Updated by Samuel Just over 10 years ago
Once we are ready to actually move the object into place we need to consider the possibility that backfill is now blocking writes on that object.
Updated by Sage Weil over 10 years ago
- Subject changed from osd: ENOENT on clone to osd: backfill vs copy-from delay badness (was osd: ENOENT on clone)
Updated by Sage Weil over 10 years ago
ubuntu@teuthology:/a/teuthology-2013-10-20_23:00:15-rados-master-testing-basic-plana/61776
Updated by Samuel Just over 10 years ago
- Assignee changed from Samuel Just to Greg Farnum
Updated by Greg Farnum over 10 years ago
- Status changed from 12 to In Progress
Proposed solution (thanks for walking me through this, Sam!):
In ReplicatedPG::recover_backfill, grab a RWTracker read lock on every object we are going to backfill.
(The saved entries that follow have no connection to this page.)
//! The places of all tokens, in one pass over the text.
ghost use Rattle.std.specs.Prelude.{◌≡◌, ◌≤◌, length, IfOk};
ghost use Rattle.garde_places.specs.Scan.{spots};
ghost use Rattle.garde_tape.specs.Place.{text_start};
ghost use Rattle.garde_places.specs.declared.lex.Mode.TheVariants.{Between as FromBetween};

use crate::lex::Mode;
use garde_tape::Place;
use std::alloc::{AllocError, Global};

/// The place of each token, in the order of the text.
pub(crate) fn scan(alloc: Global, text: &str) -> Result<Vec<Place>, AllocError>
    ensures { IfOk result (λ v. v.items ≡ spots FromBetween text_start text.now) }
{
    let mut found = Vec::new(alloc);
    let mut mode = Mode::Between;
    let mut here = Place { line: 1, column: 1 };
    for byte in text.as_bytes() {
        let (begins, next) = mode.turn(*byte);
        if begins {
            found.push(here)?;
        }
        mode = next;
        here = here.past(*byte);
    }
    Ok(found)
}
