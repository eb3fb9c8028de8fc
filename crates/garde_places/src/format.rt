//! The formats in which faults with places are printed.
ghost use Rattle.std.specs.Prelude.{◌≡◌, [], IfOk, IsOk, Some, string_bytes};
ghost use Rattle.std.specs.Str.{bytes_eq};
ghost use Rattle.garde_places.specs.Format.{format_of, line_text, lines_text};

use crate::fault::Fault;
use crate::github::GitHub;
use crate::json_line::JsonLine;
use crate::short::Short;
use std::alloc::{AllocError, Global};
use std::fmt;

/// How a fault with its place is printed, each as one line.
#[derive(Clone, Copy, Debug, PartialEq, Eq)]
pub enum Format {
    /// `FILE:LINE:COLUMN: error: PATH: MESSAGE`, as `Short` prints it, for people and editors.
    Short,
    /// An object, as `JsonLine` prints it, for programs.
    Json,
    /// A workflow command of GitHub, as `GitHub` prints it.
    GitHub,
}

impl Format {
    /// The format of this name: `short`, `json` or `github`.
    pub fn of(name: &str) -> Option<Format>
        ensures { result ≡ format_of name.now }
    {
        match name {
            "short" => Some(Format::Short),
            "json" => Some(Format::Json),
            "github" => Some(Format::GitHub),
            _ => None,
        }
    }

    /// The faults of the file of this name in this format, each as a line with its line feed, in their
    /// order. No fault needs no memory.
    pub fn lines(
        self,
        alloc: Global,
        file: &str,
        faults: &[Fault<'_>],
    ) -> Result<String, AllocError>
        ensures text { IfOk result (λ text. string_bytes text ≡ lines_text self file.now faults.now) }
        ensures empty { faults.now ≡ [] → IsOk result }
    {
        let mut text = String::new(alloc);
        for fault in faults {
            writeln!(text, "{}", Line(alloc, self, file, fault))?;
        }
        Ok(text)
    }
}

/// A fault of the file of this name in this format.
#[derive(Clone, Copy)]
pub(crate) struct Line<'a, 'r>(Global, Format, &'a str, &'a Fault<'r>);

impl fmt::Display for Line<'_, '_> {
    ghost output = { λ line. Some (line_text line.1 line.2.now line.3.now) };

    fn fmt<W: fmt::Write>(&self, f: &mut fmt::Formatter<W>) -> fmt::Result {
        let Line(alloc, format, file, fault) = *self;
        match format {
            Format::Short => Short(alloc, file, fault).fmt(f),
            Format::Json => JsonLine(alloc, file, fault).fmt(f),
            Format::GitHub => GitHub(alloc, file, fault).fmt(f),
        }
    }
}
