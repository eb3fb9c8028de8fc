//! The faults of an input in lines, under its name.
ghost use Rattle.std.specs.Prelude.{◌≡◌, ◌≢◌, [], ◌∷◌, IfOk, IsOk, OnErr, OnOk, string_bytes};
ghost use Rattle.std.specs.List.Sorted.{IsPermutation, IsSortedByKey, IsStableByKey};
ghost use Rattle.garde_places.specs.Fault.{line_and_column, line_first};
ghost use Rattle.garde_places.specs.Format.{lines_text};
ghost use Rattle.garde_places.specs.Printed.{IsLineOf};
ghost use Rattle.garde_places.specs.declared.format.Format.TheVariants.{Json as ForPrograms};

use crate::fault::Fault;
use crate::format::Format;
use crate::order::sort_by_place;
use garde_report::{Error, Path};
use garde_tape::Place;
use std::alloc::{AllocError, Global};

/// How the faults of an input are printed: in which format, and under which name of a file.
#[derive(Clone, Copy, Debug, Drop)]
pub struct Printed<'w> {
    pub format: Format,
    /// The name of the file.
    pub file: &'w str,
}

impl Printed<'_> {
    /// Faults in lines, each with its line feed: for people they are sorted by their places, and as `json`,
    /// for programs, they keep their order. No fault needs no memory.
    pub fn lines(self, alloc: Global, faults: &mut Vec<Fault<'_>>) -> Result<String, AllocError>
        ensures text { IfOk result (λ text. string_bytes text ≡ lines_text self.entry.format self.entry.file.now faults.new.items) }
        ensures same { IsPermutation faults.old.items faults.new.items }
        ensures sorted { OnOk result (self.entry.format ≢ ForPrograms → IsSortedByKey line_and_column line_first faults.new.items) }
        ensures stable { IsStableByKey line_and_column line_first faults.old.items faults.new.items }
        ensures in_order { self.entry.format ≡ ForPrograms → faults.new.items ≡ faults.old.items }
        ensures empty { faults.old.items ≡ [] → IsOk result }
    {
        if !matches!(self.format, Format::Json) {
            sort_by_place(faults)?;
        }
        self.format.lines(alloc, self.file, faults)
    }

    /// The line of a fault that stands in no report, as of a text that is no JSON: of its place, its path
    /// and its message.
    pub fn line(
        self,
        alloc: Global,
        place: Place,
        path: &Path,
        message: &str,
    ) -> Result<String, AllocError>
        ensures { IfOk result (λ text. IsLineOf self.entry.format self.entry.file.now place path.now message.now (string_bytes text)) }
    {
        let error = Error::new(alloc, message)?;
        let fault = Fault {
            place,
            path,
            error: &error,
        };
        self.format.lines(alloc, self.file, &[fault])
    }
}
If we can't get one on an object, stop the loop early.
(Update the return values and state appropriately for having short-circuited the push start)
Add a callback to the RWTracker that starts up the backfill machinery again when we get our read lock.
Release the read lock at an appropriate time in the push code.
Updated by Greg Farnum over 10 years ago
- Status changed from In Progress to Fix Under Review
Pushed to wip-6585. Haven't tested it yet; need it to build so I can start the teuthology thrashing copy-from tests.
Updated by Greg Farnum over 10 years ago
- Status changed from Fix Under Review to 7
Sam liked it; have squashed and am scheduling a suite run now.
Updated by Samuel Just over 10 years ago
65817 FAIL scheduled_teuthology@teuthology rados/thrash/{clusters/fixed-2.yaml fs/btrfs.yaml msgr-failures/osd-delay.yaml thrashers/default.yaml workloads/snaps-few-objects.yaml} 1550s
65889 FAIL scheduled_teuthology@teuthology rados/thrash/{clusters/fixed-2.yaml fs/xfs.yaml msgr-failures/few.yaml thrashers/default.yaml workloads/snaps-few-objects.yaml} 1774s
Updated by Greg Farnum over 10 years ago
- Assignee changed from Greg Farnum to Samuel Just
We think we might have fixed this, or at least most of it — but testing is shaking out a lot of long-standing bugs in other places that Sam has been working on, so he gets the ticket.
Updated by Samuel Just over 10 years ago
I've merged wip-6585, but it's not quite fixed yet.